A federal jury found a millionaire guilty Thursday of arranging the murder of his ex-wife, the mother of six children including a set of quadruplets.

The verdict came hours after a man pleaded guilty in Florida to fatally shooting and stabbing Sheila Bellush on Nov. 7, 1997, in Sarasota, Fla., as her 2-year-old quadruplets played nearby. After entering the plea, Jose Luis Del Toro Jr. sang a song in court asking for forgiveness.

The quadruplets, from Bellush's second marriage, were discovered unharmed in her house, two of them crawling in her blood.

Bellush's ex-husband, Allen Blackthorne, 45, was convicted of interstate conspiracy to commit murder-for-hire and interstate domestic violence. He faces a mandatory life sentence.

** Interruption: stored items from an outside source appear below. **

//! What is known of the numbers of a described service before it runs.
//!
//! - `known`: what is known of a call and its row (`Seen`, `ArgsKnown`), and what follows of terms, tests and rules
//! - `told`: what tests that hold tell; `lasting`: what goes on to hold through effects
//! - `states`: in which states a field is never 0
//! - `survey`: what is found of a description before it is checked (`Survey`)
#![tactic(auto)]

mod known;
mod lasting;
mod states;
mod survey;
mod told;

pub use known::{
    ANY, ArgsKnown, Seen, ZERO, applies_surely, bounds_after, bounds_up_to, field_bounds,
    greatest_word, stop_surely, stops, waits,
};
pub use lasting::{all_keep_out, all_last};
pub use sg_described::{
    AnswerShape, Bounds, Code, Description, Effect, FieldShape, FunShape, Kind, LAST_CLIENT,
    Leaves, ListOf, MOST_FIELDS, NoMemory, Operand, Parents, Relation, RuleShape, Shape, Term,
    Test, Verdict, Walk,
};
pub use sg_walk::{FieldState, Spot, effect_on, marked};
pub use states::{StateList, has_state, never_zero_states, state_left};
pub use survey::{Survey, is_some_in, surveyed};
pub use told::narrow_all;
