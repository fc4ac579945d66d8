// What is found of a description before it is checked.
ghost use Rattle.std.specs.Prelude.{◌≡◌, ◌+◌, ◌<◌, ◌^◌, ◌++◌, IfOk, OnOk, length, map};
ghost use Rattle.std.specs.List.{list_all};
ghost use Rattle.sg_described.specs.sg_facts.Facts.{facts_of, fun_of_shape};
ghost use Rattle.sg_described.specs.Described.{described_of};
ghost use Rattle.sg_described.specs.Known.{greatest_from, has_client, leaves_client};
ghost use Rattle.sg_described.specs.NeverZero.{is_never_zero};
ghost use Rattle.sg_known.specs.Seen.{pairs_of};
ghost use Rattle.sg_known.specs.Surveys.{IsSurvey, leaves_only_client, never_zero_from, subject_of};

use crate::states::{StateList, has_state, never_zero_states};
use sg_described::{
    Description, Effect, FieldShape, FunShape, LAST_CLIENT, ListOf, NoMemory, Shape,
};
use std::alloc::Global;

/// What is found of a description before it is checked: the greatest number that each field comes to, and the states in which it
/// is never 0.
#[derive(Debug, Drop)]
pub struct Survey<'a> {
    pub description: &'a Description,
    pub greatest: Vec<u64>,
    pub never_zero: ListOf<StateList>,
}

// Whether an effect leaves a client or none in its field, where one was there.
fn keeps_client(effect: Effect) -> bool
    ensures { result ≡ leaves_client effect }
{
    match effect {
        Effect::SetCaller | Effect::Clear | Effect::SubOne | Effect::SubRet => true,
        Effect::SetArg(_) | Effect::AddArg(_) | Effect::SetRet | Effect::AddRet => false,
    }
}

// Whether effects leave a client or none in a field.
fn keep_client(effects: &[(u8, Effect)], field: u8) -> bool
    ensures { result ≡ leaves_only_client field (pairs_of effects.now) }
{
    match effects {
        [] => true,
        [(other, effect), rest @ ..] => {
            (*other != field || keeps_client(*effect)) && keep_client(rest, field)
        }
    }
}

// Whether all functions do.
fn all_keep_client(funs: &[FunShape], field: u8) -> bool
    ensures { result ≡ list_all (λ f. leaves_only_client field f.effects) (map fun_of_shape funs.now) }
{
    match funs {
        [] => true,
        [first, rest @ ..] => keep_client(first.effects, field) && all_keep_client(rest, field),
    }
}

// Whether a field has only ever a client, or none.
fn holds_client(shape: &Shape, field: u8) -> bool
    ensures { result ≡ has_client (facts_of shape.now) field }
{
    all_keep_client(shape.funs, field)
}

// Adds the greatest numbers that fields come to, numbered from one on.
fn add_greatest(
    greatest: &mut Vec<u64>,
    shape: &Shape,
    field: u8,
    most: &[u64],
) -> Result<(), NoMemory>
    requires { field + length most.now < 2 ^ 8 }
    ensures { OnOk result (greatest.new.items ≡ greatest.old.items ++ greatest_from (facts_of shape.now) field most.now) }
{
    match most {
        [] => Ok(()),
        [first, rest @ ..] => {
            greatest.push(if holds_client(shape, field) {
                (*first).min(u64::from(LAST_CLIENT))
            } else {
                *first
            })?;
            add_greatest(greatest, shape, field + 1, rest)
        }
    }
}

// The greatest numbers that fields come to.
fn greatest_of(alloc: Global, shape: &Shape, most: &[u64]) -> Result<Vec<u64>, NoMemory>
    requires { length most.now < 2 ^ 8 }
    ensures { IfOk result (λ v. v.items ≡ greatest_from (facts_of shape.now) 0 most.now) }
{
    let mut greatest = Vec::new(alloc);
    add_greatest(&mut greatest, shape, 0, most)?;
    Ok(greatest)
}

// Adds the states in which fields are never 0, numbered from one on.
fn add_never_zero(
    never_zero: &mut ListOf<StateList>,
    alloc: Global,
    shape: &Shape,
    field: u8,
    fields: &[FieldShape],
) -> Result<(), NoMemory>
    requires funs { length (facts_of shape.now).funs < 2 ^ 7 }
    requires fields { field + length fields.now < 2 ^ 8 }
    ensures { OnOk result (never_zero.new ≡ never_zero.old ++ never_zero_from (facts_of shape.now) field (map (λ f. record { name = f.name.now; text = f.text }) fields.now)) }
{
    match fields {
        [] => Ok(()),
        [_, rest @ ..] => {
            never_zero.push(never_zero_states(alloc, shape, field)?)?;
            add_never_zero(never_zero, alloc, shape, field + 1, rest)
        }
    }
}

/// What is found of a description.
pub fn surveyed<'a>(alloc: Global, description: &'a Description) -> Result<Survey<'a>, NoMemory>
    requires funs { length (described_of description.now).facts.funs < 2 ^ 7 }
    requires fields { length (described_of description.now).facts.fields < 2 ^ 8 }
    requires most { length (described_of description.now).most < 2 ^ 8 }
    ensures is { IfOk result IsSurvey }
    ensures of { IfOk result (λ survey. subject_of survey ≡ described_of description.now) }
{
    let greatest = greatest_of(alloc, &description.shape, description.most)?;
    let mut never_zero = ListOf::new(alloc);
    add_never_zero(
        &mut never_zero,
        alloc,
        &description.shape,
        0,
        description.shape.fields,
    )?;
    Ok(Survey {
        description,
        greatest,
        never_zero,
    })
}

/// Whether a field is never 0 in a state.
pub fn is_some_in(survey: &Survey<'_>, state: u8, field: u8) -> bool
    requires survey { IsSurvey survey.now }
    requires field { field < length (subject_of survey.now).facts.fields }
    ensures { result ≡ is_never_zero (subject_of survey.now).facts state field }
{
    match survey.never_zero.get(usize::from(field)) {
        Some(states) => has_state(states.as_slice(), state),
        None => unreachable!(),
    }
}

Blackthorne was the last of four people suspected in her slaying to be convicted.

Besides Del Toro pleading guilty and facing a mandatory life sentence, the man who hired him, his cousin Sammy Gonzales, has been sentenced to 19 years in prison.

Daniel Rocha, Blackthorne's golfing buddy and the man who asked Gonzales to find someone to kill or harm Bellush, is serving life in prison.

Testimony in Blackthorne's case began June 12 when Stevie Bellush, the daughter of Blackthorne and his ex-wife, testified she discovered her mother's body in 1997 in her Sarasota home. She found her mother dead on the kitchen floor in a pool of blood. Sheila Bellush had been shot in the cheek and her throat had been slit.

"My mother is dead," a sobbing Stevie Bellush was heard saying on a 911 tape. She was 13 at the time.

She discovered the 2-year-old quadruplets wearing their lifejackets (because there was a pool in the backyard).

Stevie Bellush, along with her younger sister Daryl, has been adopted by their mother's second husband, Jamie Bellush, after Blackthorne gave up custody.

Prosecutors portrayed Blackthorne as a man who hated his ex-wife and who, after a string of custody battles, turned his hatred into a scheme to have her killed.

In testimony, Blackthorne was said to have offered up to $54,000 to have her killed. The $54,000 included a bonus if he regained custody of his daughters. Prosecutors say he also hired private investigators to track down Bellush after she moved from Texas.

Prosecutors even turned Blackthorne's own name against him.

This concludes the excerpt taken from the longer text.